I’d be wondering if the relationship is over OP. He’s definitely acting strangely if he’s still interested

No, just a holiday. I hope your situation works out. I think after 2 years this is the worry, it’s not going anywhere.

I’m not keen on getting him to spend more time with me and my son if I am this uncertain about what is happening between us.

OP posts:
gingerhamster · 14/01/2023 18:38

Hbh17 · 14/01/2023 18:15

He hasn't "disappeared", he's gone on holiday. It's fine.

I wouldn't call going somewhere with a "flexible return ticket" simply going on holiday, especially if you're in a relationship of two years. It's odd behaviour and I'm not convinced he's with his parents.

AllOfThemWitches · 14/01/2023 18:41

Not seeing each other 'for a few weeks' would not work for me but if it does for you, I don't see a problem with his holiday.

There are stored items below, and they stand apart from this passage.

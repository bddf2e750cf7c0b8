//! A frame whose answer is timed.

ghost use Rattle.std.specs.Prelude.{◌≡◌, ◌≤◌, ◌<◌, ◌-◌, IfSome, IfNone};

/// The last one of some frames, whose answer is timed: answers come in order, so it is the last of as many.
#[derive(Clone, Copy, Debug, PartialEq, Eq)]
pub(crate) struct Timed {
    /// When the frames were sent on, in microseconds.
    pub since: u64,
    /// How many answers come until its own has.
    pub left: u64,
}

impl Timed {
    /// The same after so many answers. None once its own has come.
    pub fn after(self, answers: u64) -> Option<Timed>
        ensures since { IfSome result (λ t. t.since ≡ self.since) }
        ensures left { IfSome result (λ t. t.left ≡ self.left - answers) }
        ensures waits { IfSome result (λ t. 0 < t.left) }
        ensures came { IfNone result (self.left ≤ answers) }
    {
        if self.left <= answers {
            return None;
        }
        Some(Timed {
            since: self.since,
            left: self.left - answers,
        })
    }
}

Whatamieventhinking · 14/01/2023 18:42

SomethingLessIdentifiable · 14/01/2023 18:36

Have you met any of his family and friends? Socialised with others as a couple?

I find it really hard to believe the “last minute unplanned trip to Vietnam for a month”.

I met his family, and we’ve socialised with my friends. But yes, it’s a bone of contention. I don’t really feel part of his life.

OP posts:
Whatamieventhinking · 14/01/2023 18:43

I just don’t know why he’d string me along for 2 years if there’s someone else out there?! Why not just finish things and be with them?

OP posts:
FlowerArranger · 14/01/2023 18:44

You are probably not his only FWB. This guy likes a bit of variety and isnt looking for a committed relationship.